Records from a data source
****************

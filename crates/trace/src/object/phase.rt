//! The object of an environment's phase, and what an entry made of an environment.

ghost use Rattle.std.specs.Prelude.{◌≡◌};
ghost use Rattle.std.specs.List.{flat_map};
ghost use Rattle.call_model.specs.Laws.{ended_by};
ghost use Rattle.call_model.specs.Stand as stands;
ghost use Rattle.trace.specs.Object.{moved, released};
ghost use Rattle.trace.specs.PhaseObject as spec;
ghost use Rattle.trace.specs.PhaseObject.{phase_object};
ghost use Rattle.trace.specs.Sites.{turn_of};
ghost use Rattle.trace.specs.Telling.{Tells};

use crate::draft::{Part, Teller};
use crate::follower::Followed;
use arn_ids::EnvNo;
use call_model::{Phase, Reason, Ticket};
use env_phase::Environment;

pub(crate) fn bound_of(phase: Phase) -> Option<Ticket>
    ensures { result ≡ stands.bound_of phase }
{
    match phase {
        Phase::Starting { deadline: _, bound } => bound,
        Phase::Closing {
            reason: _,
            until: _,
            bound,
        } => bound,
        Phase::Idle | Phase::Busy { .. } | Phase::Off => None,
    }
}

pub(crate) fn served_by(phase: Phase) -> Option<Ticket>
    ensures { result ≡ spec.served_by phase }
{
    match phase {
        Phase::Busy { invoke, .. } => Some(invoke),
        _ => None,
    }
}

fn at_hand(phase: Phase) -> Option<Ticket>
    ensures { result ≡ stands.at_hand phase }
{
    match phase {
        Phase::Busy { invoke, .. } => Some(invoke),
        _ => bound_of(phase),
    }
}

pub(crate) fn phase_word(phase: Phase) -> &'static str
    ensures { result.now ≡ spec.phase_word phase }
{
    match phase {
        Phase::Starting { .. } => "starting",
        Phase::Idle => "idle",
        Phase::Busy { .. } => "busy",
        Phase::Closing { .. } => "closing",
        Phase::Off => "off",
    }
}

pub(crate) fn say_reason_if(teller: &mut Teller, phase: Phase)
    ensures { Tells (spec.reason_if phase) teller.old teller.new }
{
    if let Phase::Closing { reason, .. } = phase {
        teller.say_all(&[Part::Key("reason"), Part::Word(reason.as_str())]);
    }
}

/// Tells the object of the phase of an environment.
#[tactic(auto, unfolding(crate::specs::PhaseObject::phase_object))]
fn say_phase(teller: &mut Teller, env: EnvNo, environment: &Environment)
    ensures { Tells (phase_object env environment.now.stand.phase) teller.old teller.new }
{
    let phase = environment.phase();
    teller.say_all(&[Part::Open]);
    teller.say_number_if("bound", bound_of(phase));
    teller.say_number_if("deadline", environment.deadline());
    teller.say_all(&[Part::Key("environment"), Part::Number(u64::from(env))]);
    teller.say_number_if("invoke", served_by(phase));
    teller.say_all(&[Part::Key("phase"), Part::Word(phase_word(phase))]);
    say_reason_if(teller, phase);
    teller.say_all(&[Part::Close]);
}

fn same_option(one: Option<u64>, other: Option<u64>) -> bool
    ensures { result ≡ spec.same_option one other }
{
    match (one, other) {
        (None, None) => true,
        (Some(one), Some(other)) => one == other,
        _ => false,
    }
}

fn same_reason(one: Reason, other: Reason) -> bool
    ensures { result ≡ spec.same_reason one other }
{
    match (one, other) {
        (Reason::Timeout, Reason::Timeout) => true,
        (Reason::Failure, Reason::Failure) => true,
        (Reason::Spindown, Reason::Spindown) => true,
        _ => false,
    }
}

fn same_phase(one: Phase, other: Phase) -> bool
    ensures { result ≡ spec.same_phase one other }
{
    match (one, other) {
        (
            Phase::Starting { deadline, bound },
            Phase::Starting {
                deadline: other_deadline,
                bound: other_bound,
            },
        ) => same_option(deadline, other_deadline) && same_option(bound, other_bound),
        (Phase::Idle, Phase::Idle) => true,
        (
            Phase::Busy { invoke, deadline },
            Phase::Busy {
                invoke: other_invoke,
                deadline: other_deadline,
            },
        ) => invoke == other_invoke && deadline == other_deadline,
        (
            Phase::Closing {
                reason,
                until,
                bound,
            },
            Phase::Closing {
                reason: other_reason,
                until: other_until,
                bound: other_bound,
            },
        ) => {
            same_reason(reason, other_reason)
                && until == other_until
                && same_option(bound, other_bound)
        }
        (Phase::Off, Phase::Off) => true,
        _ => false,
    }
}

/// Tells the phase of an environment after the newest entry, if the entry moved it.
fn say_moved(teller: &mut Teller, followed: &Followed)
    ensures { Tells (moved (turn_of followed.now)) teller.old teller.new }
{
    if !same_phase(followed.before, followed.site.environment.phase()) {
        say_phase(teller, followed.number, &followed.site.environment);
    }
}

/// Tells the phases of all environments that the newest entry moved.
pub(crate) fn say_phases(teller: &mut Teller, sites: &[Followed])
    ensures { Tells (flat_map (λ s. moved (turn_of s)) sites.now) teller.old teller.new }
{
    for site in sites {
        say_moved(teller, site);
    }
}

/// Returns the invocation that was at hand before and is not at hand after.
fn ended_by(before: Phase, after: Phase) -> Option<Ticket>
    ensures { result ≡ ended_by before after }
{
    let invoke = at_hand(before)?;
    if at_hand(after) == Some(invoke) {
        return None;
    }
    Some(invoke)
}

/// Tells the ticket of the invocation whose charge the newest entry ended at an environment.
fn say_released(teller: &mut Teller, followed: &Followed)
    ensures { Tells (released (turn_of followed.now)) teller.old teller.new }
{
    if let Some(invoke) = ended_by(followed.before, followed.site.environment.phase()) {
        teller.say_all(&[Part::Number(invoke)]);
    }
}

/// Tells the tickets of all invocations whose charge the newest entry ended.
pub(crate) fn say_all_released(teller: &mut Teller, sites: &[Followed])
    ensures { Tells (flat_map (λ s. released (turn_of s)) sites.now) teller.old teller.new }
{
    for site in sites {
        say_released(teller, site);
    }
}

****************

# Prompt
Copy all the records above precisely.

# Response to this exercise
filename crates/trace/src/object/phase.rt
//! The object of an environment's phase, and what an entry made of an environment.

ghost use Rattle.std.specs.Prelude.{◌≡◌};
ghost use Rattle.std.specs.List.{flat_map};
ghost use Rattle.call_model.specs.Laws.{ended_by};
ghost use Rattle.call_model.specs.Stand as stands;
ghost use Rattle.trace.specs.Object.{moved, released};
ghost use Rattle.trace.specs.PhaseObject as spec;
ghost use Rattle.trace.specs.PhaseObject.{phase_object};
ghost use Rattle.trace.specs.Sites.{turn_of};
ghost use Rattle.trace.specs.Telling.{Tells};

use crate::draft::{Part, Teller};
use crate::follower::Followed;
use arn_ids::EnvNo;
use call_model::{Phase, Reason, Ticket};
use env_phase::Environment;

pub(crate) fn bound_of(phase: Phase) -> Option<Ticket>
    ensures { result ≡ stands.bound_of phase }
{
    match phase {
        Phase::Starting { deadline: _, bound } => bound,
        Phase::Closing {
            reason: _,
            until: _,
            bound,
        } => bound,
        Phase::Idle | Phase::Busy { .. } | Phase::Off => None,
    }
}

pub(crate) fn served_by(phase: Phase) -> Option<Ticket>
    ensures { result ≡ spec.served_by phase }
{
    match phase {
        Phase::Busy { invoke, .. } => Some(invoke),
        _ => None,
    }
}

fn at_hand(phase: Phase) -> Option<Ticket>
    ensures { result ≡ stands.at_hand phase }
{
    match phase {
        Phase::Busy { invoke, .. } => Some(invoke),
        _ => bound_of(phase),
    }
}

pub(crate) fn phase_word(phase: Phase) -> &'static str
    ensures { result.now ≡ spec.phase_word phase }
{
    match phase {
        Phase::Starting { .. } => "starting",
        Phase::Idle => "idle",
        Phase::Busy { .. } => "busy",
        Phase::Closing { .. } => "closing",
        Phase::Off => "off",
    }
}

pub(crate) fn say_reason_if(teller: &mut Teller, phase: Phase)
    ensures { Tells (spec.reason_if phase) teller.old teller.new }
{
    if let Phase::Closing { reason, .. } = phase {
        teller.say_all(&[Part::Key("reason"), Part::Word(reason.as_str())]);
    }
}

/// Tells the object of the phase of an environment.
#[tactic(auto, unfolding(crate::specs::PhaseObject::phase_object))]
fn say_phase(teller: &mut Teller, env: EnvNo, environment: &Environment)
    ensures { Tells (phase_object env environment.now.stand.phase) teller.old teller.new }
{
    let phase = environment.phase();
    teller.say_all(&[Part::Open]);
    teller.say_number_if("bound", bound_of(phase));
    teller.say_number_if("deadline", environment.deadline());
    teller.say_all(&[Part::Key("environment"), Part::Number(u64::from(env))]);
    teller.say_number_if("invoke", served_by(phase));
    teller.say_all(&[Part::Key("phase"), Part::Word(phase_word(phase))]);
    say_reason_if(teller, phase);
    teller.say_all(&[Part::Close]);
}

fn same_option(one: Option<u64>, other: Option<u64>) -> bool
    ensures { result ≡ spec.same_option one other }
{
    match (one, other) {
        (None, None) => true,
        (Some(one), Some(other)) => one == other,
        _ => false,
    }
}

fn same_reason(one: Reason, other: Reason) -> bool
    ensures { result ≡ spec.same_reason one other }
{
    match (one, other) {
        (Reason::Timeout, Reason::Timeout) => true,
        (Reason::Failure, Reason::Failure) => true,
        (Reason::Spindown, Reason::Spindown) => true,
        _ => false,
    }
}

fn same_phase(one: Phase, other: Phase) -> bool
    ensures { result ≡ spec.same_phase one other }
{
    match (one, other) {
        (
            Phase::Starting { deadline, bound },
            Phase::Starting {
                deadline: other_deadline,
                bound: other_bound,
            },
        ) => same_option(deadline, other_deadline) && same_option(bound, other_bound),
        (Phase::Idle, Phase::Idle) => true,
        (
            Phase::Busy { invoke, deadline },
            Phase::Busy {
                invoke: other_invoke,
                deadline: other_deadline,
            },
        ) => invoke == other_invoke && deadline == other_deadline,
        (
            Phase::Closing {
                reason,
                until,
                bound,
            },
            Phase::Closing {
                reason: other_reason,
                until: other_until,
                bound: other_bound,
            },
        ) => {
            same_reason(reason, other_reason)
                && until == other_until
                && same_option(bound, other_bound)
        }
        (Phase::Off, Phase::Off) => true,
        _ => false,
    }
}

/// Tells the phase of an environment after the newest entry, if the entry moved it.
fn say_moved(teller: &mut Teller, followed: &Followed)
    ensures { Tells (moved (turn_of followed.now)) teller.old teller.new }
{
    if !same_phase(followed.before, followed.site.environment.phase()) {
        say_phase(teller, followed.number, &followed.site.environment);
    }
}

/// Tells the phases of all environments that the newest entry moved.
pub(crate) fn say_phases(teller: &mut Teller, sites: &[Followed])
    ensures { Tells (flat_map (λ s. moved (turn_of s)) sites.now) teller.old teller.new }
{
    for site in sites {
        say_moved(teller, site);
    }
}

/// Returns the invocation that was at hand before and is not at hand after.
fn ended_by(before: Phase, after: Phase) -> Option<Ticket>
    ensures { result ≡ ended_by before after }
{
    let invoke = at_hand(before)?;
    if at_hand(after) == Some(invoke) {
        return None;
    }
    Some(invoke)
}

/// Tells the ticket of the invocation whose charge the newest entry ended at an environment.
fn say_released(teller: &mut Teller, followed: &Followed)
    ensures { Tells (released (turn_of followed.now)) teller.old teller.new }
{
    if let Some(invoke) = ended_by(followed.before, followed.site.environment.phase()) {
        teller.say_all(&[Part::Number(invoke)]);
    }
}

/// Tells the tickets of all invocations whose charge the newest entry ended.
pub(crate) fn say_all_released(teller: &mut Teller, sites: &[Followed])
    ensures { Tells (flat_map (λ s. released (turn_of s)) sites.now) teller.old teller.new }
{
    for site in sites {
        say_released(teller, site);
    }
}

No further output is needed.